When we cook the same dishes that our ancestors cooked it connects us to them, to our history and it also brings us back to something within ourselves that we mightn’t have thought of for some time or something we hadn’t yet discovered. Just the aroma of a dish cooking can release a trigger of deep memories that lets things rise up and take shape in us.

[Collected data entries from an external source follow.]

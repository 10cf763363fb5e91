//! The names of the gates that occur in a specification.
use lotos_check::{Checked, Code};
use lotos_text::Name;
use std::alloc::{AllocError, Global};

/// The names of the gates of a specification, in order and each once.
pub fn names_of(alloc: Global, checked: &Checked) -> Result<Vec<String>, AllocError> {
    let mut names = Vec::new(alloc);
    add_names(alloc, &mut names, checked.gates())?;
    add_gates(alloc, &mut names, checked.start())?;
    for process in checked.processes() {
        add_names(alloc, &mut names, process.formals.as_slice())?;
        add_gates(alloc, &mut names, &process.body)?;
    }
    names.sort_unstable();
    names.dedup();
    Ok(names)
}

/// The texts of names.
pub fn texts_of(alloc: Global, names: &[Name]) -> Result<Vec<String>, AllocError> {
    let mut texts = Vec::new(alloc);
    add_names(alloc, &mut texts, names)?;
    Ok(texts)
}

fn add_names(alloc: Global, into: &mut Vec<String>, names: &[Name]) -> Result<(), AllocError> {
    for name in names {
        add_name(alloc, into, name)?;
    }
    Ok(())
}

fn add_name(alloc: Global, into: &mut Vec<String>, name: &Name) -> Result<(), AllocError> {
    into.push(String::from_str(alloc, name.text())?)?;
    Ok(())
}

/// Appends the names of the gates that occur in a behaviour.
fn add_gates(alloc: Global, into: &mut Vec<String>, code: &Code) -> Result<(), AllocError> {
    add_own_gates(alloc, into, code)?;
    match code {
        Code::Stop | Code::Exit | Code::Call { .. } => Ok(()),
        Code::Prefix { body, .. } | Code::Hide { body, .. } => add_gates(alloc, into, body),
        Code::Choice { left, right }
        | Code::Par { left, right, .. }
        | Code::Enable { left, right }
        | Code::Disable { left, right } => {
            add_gates(alloc, into, left)?;
            add_gates(alloc, into, right)
        }
    }
}

/// Appends the names of the gates of a behaviour that do not stand in its operands.
fn add_own_gates(alloc: Global, into: &mut Vec<String>, code: &Code) -> Result<(), AllocError> {
    match code {
        Code::Prefix {
            action: Some(gate),
            ..
        } => add_name(alloc, into, gate),
        Code::Par {
            sync: Some(gates),
            ..
        } => add_names(alloc, into, gates.as_slice()),
        Code::Hide { gates, .. } | Code::Call { gates, .. } => {
            add_names(alloc, into, gates.as_slice())
        }
        _ => Ok(()),
    }
}
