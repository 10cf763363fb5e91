//! The help texts, and the version. Made of share/help.txt by tools/help-texts.

/// What `-h` and `--help` show of a command or an argument.
#[derive(Clone, Copy)]
pub(crate) struct Help {
    pub(crate) short: &'static str,
    pub(crate) long: &'static str,
}

/// The version of the program, and the logic with which it is proved.
pub(crate) const VERSION: &str = "0.1.0 (proved, logic dac8208d650f15bf)";

/// The help of the program.
pub(crate) mod program {
    use super::Help;

    pub(crate) const ABOUT: Help = Help {
        short: "Checks a basic LOTOS specification, and lists its observable action sequences",
        long: "Checks a basic LOTOS specification, and lists its observable action sequences

The specification is read from standard input, and what is asked of it is written to
standard output. A file is given by `< FILE`, as in
  lotosseq check < ring.lotos
`lotosseq check --help` is about the static rules, `lotosseq search --help` about the
listing, its options and the words of a pattern, `lotosseq ever --help` about matches
of any length, `lotosseq after --help` about what can come after a sequence,
`lotosseq cover --help` about sequences that show all that can be observed,
`lotosseq graph --help` about the automaton of all that can be observed,
`lotosseq suite --help` about test suites that miss nothing, and
`lotosseq compare --help` about where two specifications differ.",
    };

    pub(crate) const STATUSES: &str = "Statuses:
  0  the specification is accepted, the listing is complete and has lines, there is a
     match, the sequence can happen, the automaton is written, or two specifications
     do not differ
  1  the listing is complete and has none, there is no match, the sequence cannot
     happen, or two specifications differ
  2  the command, its words, the mark or the specification is refused, or cannot
     be read
  3  the limit of lines is reached
  4  a prefix reaches too many terms, or there are too many states, sets, pairs of sets
     or lines of a suite
  5  out of memory, or an argument is not Unicode
  6  the output cannot be written";
}

/// The help of `search`.
pub(crate) mod search {
    use super::Help;

    pub(crate) const ABOUT: Help = Help {
        short: "Lists the sequences that match a pattern",
        long: "Lists the sequences that match a pattern

Reads a specification in basic LOTOS from standard input (a file is given by `< FILE`)
and writes a listing to standard output. With `--length N` it has every sequence of at
most N labels that matches the pattern and that some derivation from the
specification's behaviour yields, of any number of steps; with `--depth N` it has
those of derivations of at most N steps. One of the two is given.

Each sequence occurs once, on a line of its own: its labels, separated by one
blank, or `<empty>`. Shorter sequences come first, and sequences of one length in
the order of their labels: gates by their names, then `exit`.

For example, with the specification
  specification S [a,b] : exit behaviour a; b; exit endspec
the command `lotosseq search --length 3 a b exit` lists
  A B exit",
    };

    pub(crate) const USAGE: &str = "lotosseq search [OPTIONS] <--depth <N>|--length <N>> [WORD]...";

    pub(crate) const STATUSES: &str = "Statuses:
  0  the listing is complete and has lines
  1  the listing is complete and has none
  2  the command, the pattern, the mark or the specification is refused, or cannot
     be read
  3  the limit of lines is reached
  4  a prefix reaches too many terms
  5  out of memory, or an argument is not Unicode
  6  the output cannot be written";

    pub(crate) const WORDS: Help = Help {
        short: "The words of the pattern: labels and elements",
        long: "The words of the pattern
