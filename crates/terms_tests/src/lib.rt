//! Tests of terms through the public items of `lotos_terms`: worked rows, the steps of a table against an oracle, a slow
//! reading of the inference rules over terms of its own, and how soon normal forms recur. And tests of what can still come,
//! through the public items of `lotos_ends`: worked rows, and an oracle that goes over all normal forms again and again.
//! And worked rows of the labels that the end of a sequence must not have, through the `LabelFlags` of `lotos_listing`, and
//! of what makes internal steps, through the public items of `lotos_origins`.
//!
//! They are a crate of their own, because a crate with tests inside is proved twice, and one crate, because each that
//! runs tests is linked with all libraries below.
#![tactic(auto)]

#[cfg(test)]
mod accepted_text;
#[cfg(test)]
mod demanded_ends_tests;
#[cfg(test)]
mod end_states_tests;
#[cfg(test)]
mod ends_comparison;
#[cfg(test)]
mod ends_oracle;
#[cfg(test)]
mod form_step_tests;
#[cfg(test)]
mod gate_names;
#[cfg(test)]
mod graph;
#[cfg(test)]
mod label_set;
#[cfg(test)]
mod large_terms;
#[cfg(test)]
mod lasso_tests;
#[cfg(test)]
mod lasso_walk;
#[cfg(test)]
mod normal_step_tests;
#[cfg(test)]
mod operator_tests;
#[cfg(test)]
mod oracle;
#[cfg(test)]
mod oracle_comparison;
#[cfg(test)]
mod origin_list;
#[cfg(test)]
mod origin_tests;
#[cfg(test)]
mod possible_run;
#[cfg(test)]
mod protocols;
#[cfg(test)]
mod recurrence_tests;
#[cfg(test)]
mod refused_label_tests;
#[cfg(test)]
mod regrouping_tests;
#[cfg(test)]
mod round_tests;
#[cfg(test)]
mod step_tests;
#[cfg(test)]
mod term_equality;
#[cfg(test)]
mod term_list;
#[cfg(test)]
mod term_list_error;
#[cfg(test)]
mod texts;
#[cfg(test)]
mod walk_tests;
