//! An independent walk along the labels of a lasso, over sets of forms.
use super::label_set::LabelSet;
use super::term_list::PrintedStep;
use lotos_ends::Lasso;
use lotos_terms::Label;
use std::alloc::{AllocError, Global};

/// Whether steps with the labels of the row and then twice with those of the loop begin at the form, each internal or
/// with a label of the set, and whether the loop has a label.
pub fn is_lasso(
    alloc: Global,
    forms: &[Vec<PrintedStep>],
    start: usize,
    set: LabelSet,
    lasso: &Lasso,
) -> Result<bool, AllocError> {
    let mut at = vec![in alloc; false; forms.len()]?;
    mark(at.as_mut_slice(), start);
    let at = followed(alloc, forms, at, set, lasso.row.as_slice())?;
    let at = followed(alloc, forms, at, set, lasso.turn.as_slice())?;
    let at = followed(alloc, forms, at, set, lasso.turn.as_slice())?;
    Ok(!lasso.turn.is_empty() && has_any(at.as_slice()))
}

/// The forms to which steps with the labels lead from the forms with a flag.
fn followed(
    alloc: Global,
    forms: &[Vec<PrintedStep>],
    at: Vec<bool>,
    set: LabelSet,
    labels: &[Label],
) -> Result<Vec<bool>, AllocError> {
    let mut now = at;
    for label in labels {
        now = followed_once(alloc, forms, now.as_slice(), set, label)?;
    }
    Ok(now)
}

fn followed_once(
    alloc: Global,
    forms: &[Vec<PrintedStep>],
    at: &[bool],
    set: LabelSet,
    label: &Label,
) -> Result<Vec<bool>, AllocError> {
    let mut next = vec![in alloc; false; forms.len()]?;
    for (steps, is_here) in forms.iter().zip(at) {
        mark_targets(steps.as_slice(), *is_here, set, label, next.as_mut_slice());
    }
    Ok(next)
}

/// Marks the forms to which steps with the label lead, if the walk is here and the label is internal or in the set.
fn mark_targets(
    steps: &[PrintedStep],
    is_here: bool,
    set: LabelSet,
    label: &Label,
    next: &mut [bool],
) {
    for step in steps {
        let text = step.text.as_str();
        if is_here && step.label == *label && (text == "i" || set.contains(text)) {
            mark(next, step.to);
        }
    }
}

fn mark(flags: &mut [bool], index: usize) {
    if index < flags.len() {
        flags[index] = true;
    }
}

fn has_any(flags: &[bool]) -> bool {
    for flag in flags {
        if *flag {
            return true;
        }
    }
    false
}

I grew up in Australia, far from where my great-grandmothers, Maddalena and Francesca lived in Italy. And yet, here I am, almost a century on, cooking the same dishes they cooked, a lovely connection to these two strong women. The dishes are maccheroni Calabrese (knitting needle pasta) and pasta alla chitarra (guitar pasta) made on a ‘chitarra box’ I got from Abruzzo. I sought to make sauces that reflected their history too. The maccheroni Calabrese (pasta rolled on a knitting needle for its shape) has a richer red sauce with melanzane and chillies that Francesca’s town of Palmi is known for. And the chitarra pasta has bitter, wild greens added to the passata, inspired by Maddalena walking hillsides near Fossa picking wild greens into her upturned apron and taking them back to cook with. It also has pecorino cheese on top because that part of Abruzzo is known for its sheep.

These dishes (pictured) are from my kitchen so they are a little rustic (as are their photos!) and mightn’t live up to those cooked by my bisnonne, but they made me feel happy and reminded me of those before and sometimes maybe that’s all we need when it comes to cooking.